Authors: Lia, Brynjar & Nesser, Peter
Date of Publication: 2016
Publication: Perspectives on Terrorism, Vol. 10, Issue 6, 121-134.
Purpose of the study
Key Questions Addressed
What characterizes jihadi networks in Norway?
The article introduces a typology of militant networks that captures the variations of militant Islamist activism beyond the immediate attack cells, and which describes manifestations of jihadism in regions where attacks occur rarely.
Looks at the literature and different cases to understand the problem.
In order to better understand this shift, this brief article explores Jihadism in Norway through the lenses of an analytical framework – more precisely a typology – in which militant Islamist networks are classified according to criteria such as organizational structure, activity, degree of overtness and outreach, and recruitment base. The five archetypes constituting the typology are as follows: (i) “militant exiles”, (ii) “diasporic support networks”, (iii) “militant visitors”, (iv) “(al-Qaida) attack cells” and (v) “homegrown extremists”.
Jihadism in Norway has witnessed a huge shift from consisting primarily of foreign ethnically homogenous networks with a low capacity for mobilization, to the current situation where a loose country-wide network of domestic extremists have demonstrated a considerable capacity for foreign fighter recruitment over the past four years.

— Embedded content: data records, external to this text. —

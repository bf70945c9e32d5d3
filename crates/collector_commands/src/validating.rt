//! Every fault of a configuration, in lines, and behind them what can't run of it.
ghost use Rattle.std.specs.Prelude.{◌≡◌, ◌++◌, IfOk, OnOk, string_bytes};
ghost use Rattle.collector_commands.specs.Configuration.{file_of};
ghost use Rattle.collector_commands.specs.Validating.{FileTells, Refuses, TextTells, address_line, address_lines, bytes_text, fault_number, fault_text, line_of, lines_of, unreadable_lines};

use crate::configuration::{FileFault, MAX_CONFIG_LEN, ReadFault, text_in};
use crate::outcome::Outcome;
use config_faults::ConfigFault;
use config_findings::{AddressFinding, ConfigFinding, faults};
use std::alloc::{AllocError, Global};

/// What is told of the configuration in what was read from its file.
pub fn told_of(alloc: Global, path: &str, file: Result<Vec<u8>, FileFault>) -> Outcome
    ensures { FileTells (file_of (λ v. v.items) file) result }
{
    let bytes = match file {
        Ok(bytes) => bytes,
        Err(FileFault::NoMemory) => return Outcome::NoMemory,
        Err(FileFault::Unreadable(fault)) => return unreadable(alloc, path, fault_text(fault)),
    };
    let why = bytes_text(&bytes);
    let Some(text) = text_in(bytes) else {
        return unreadable(alloc, path, why);
    };
    match told_in(alloc, text.as_str()) {
        Ok(outcome) => outcome,
        Err(_) => Outcome::NoMemory,
    }
}

/// What is told of a file at this path that can't be read for this reason; where there is no memory for the reason, that
/// it can't be read.
fn unreadable(alloc: Global, path: &str, why: &str) -> Outcome
    ensures { Refuses why.now result }
{
    match unreadable_lines(alloc, path, why) {
        Ok(lines) => Outcome::Faulty(lines),
        Err(_) => Outcome::Unreadable,
    }
}

fn unreadable_lines(alloc: Global, path: &str, why: &str) -> Result<String, AllocError>
    ensures { IfOk result (λ lines. string_bytes lines ≡ unreadable_lines path.now why.now) }
{
    format!(in alloc; "tsc: configuration refused: unreadable\n{path}: {why}\n")
}

/// Why a file can't be read.
fn fault_text(fault: ReadFault) -> &'static str
    ensures { result.now ≡ fault_text fault }
{
    match fault {
        ReadFault::Missing => "does not exist",
        ReadFault::NotAllowed => "no permission to read it",
        ReadFault::Directory => "is a directory",
        ReadFault::Other => "reading it failed",
    }
}

/// Why bytes are no text that may be read, where they are none.
fn bytes_text(bytes: &Vec<u8>) -> &'static str
    ensures { result.now ≡ bytes_text bytes.now.items }
{
    if MAX_CONFIG_LEN < bytes.len() {
        "longer than 1048576 bytes"
    } else {
        "not UTF-8"
    }
}

/// What is told of the configuration in a text.
fn told_in(alloc: Global, text: &str) -> Result<Outcome, AllocError>
    ensures { IfOk result (TextTells text.now) }
{
    let all = faults(alloc, text)?;
    // An address that can't be one is no fault, since a replay has no use for it; it is told behind them (D-224).
    if all.faults.is_empty() && all.addresses.is_empty() {
        return Ok(Outcome::Valid);
    }
    let mut lines = lines_of(alloc, &all.faults)?;
    add_addresses(alloc, &all.addresses, &mut lines)?;
    Ok(Outcome::Faulty(lines))
}

/// Adds the lines of addresses that can't be one.
fn add_addresses(
    alloc: Global,
    findings: &[AddressFinding],
    lines: &mut String,
) -> Result<(), AllocError>
    ensures { OnOk result (string_bytes lines.new ≡ string_bytes lines.old ++ address_lines findings.now) }
{
    for finding in findings {
        let told = address_line(alloc, finding)?;
        lines.push_str(told.as_str())?;
    }
    Ok(())
}

/// The line of an address that can't be one.
fn address_line(alloc: Global, finding: &AddressFinding) -> Result<String, AllocError>
    ensures { IfOk result (λ line. string_bytes line ≡ address_line finding.now) }
{
    let said = finding.said(alloc)?;
    let said = said.as_str();
    format!(in alloc; "{said}\n")
}

/// The lines of findings.
fn lines_of(alloc: Global, findings: &[ConfigFinding]) -> Result<String, AllocError>
    ensures { IfOk result (λ lines. string_bytes lines ≡ lines_of findings.now) }
{
    let mut lines = String::new(alloc);
    for finding in findings {
        let line = line_of(alloc, finding)?;
        lines.push_str(line.as_str())?;
    }
    Ok(lines)
}

/// The line of a finding: what is said of it, and the number of the fault.
fn line_of(alloc: Global, finding: &ConfigFinding) -> Result<String, AllocError>
    ensures { IfOk result (λ line. string_bytes line ≡ line_of finding.now) }
{
    let number = number_text(alloc, finding.fault)?;
    let said = finding.said.as_str();
    format!(in alloc; "{said} (fault {number})\n")
}

/// The number of a fault, and of a fault of the policies `7.P`.
fn number_text(alloc: Global, fault: ConfigFault) -> Result<String, AllocError>
    ensures { IfOk result (λ text. string_bytes text ≡ fault_number fault) }
{
    match fault {
        ConfigFault::Policy(policy) => {
            let number = policy.number();
            format!(in alloc; "7.{number}")
        }
        _ => {
            let number = fault.number();
            format!(in alloc; "{number}")
        }
    }
}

Young Islamist extremists of today interact directly with Norwegian society and recruit successfully from different segments of mainstream society, defying the limits of class, ethnicity and geographical distance. Norwegian language jihadi propaganda is no longer such a rarity, helped by factors such as the social media revolution. This shift towards homegrown jihadism is partly the product of the global war on terrorism and the securitization of Islam and identity issues. More important, however, is the youth rebellion which is part and parcel of the jihadism success story. The generational shift from middle-aged Islamist politicians to youth activists involved in aid work and foreign fighter participation have created new avenues for youth participation in a way militant Islamist activism in the past did not.
Although the future of jihadism in Norway also depends on the ability to strike a fine balance between coercive and soft means in countering radicalization and foreign fighter participation, it is important to bear in mind that events and dynamics beyond Norway’s border will also greatly influence the scope of the threat.
European jihadi networks are extremely transnational, with attacks being planned in one country and occurring in another.
Furthermore, the geopolitics of the Middle East and the actions of Norway’s allies will also influence the terrorism threat level in Norway.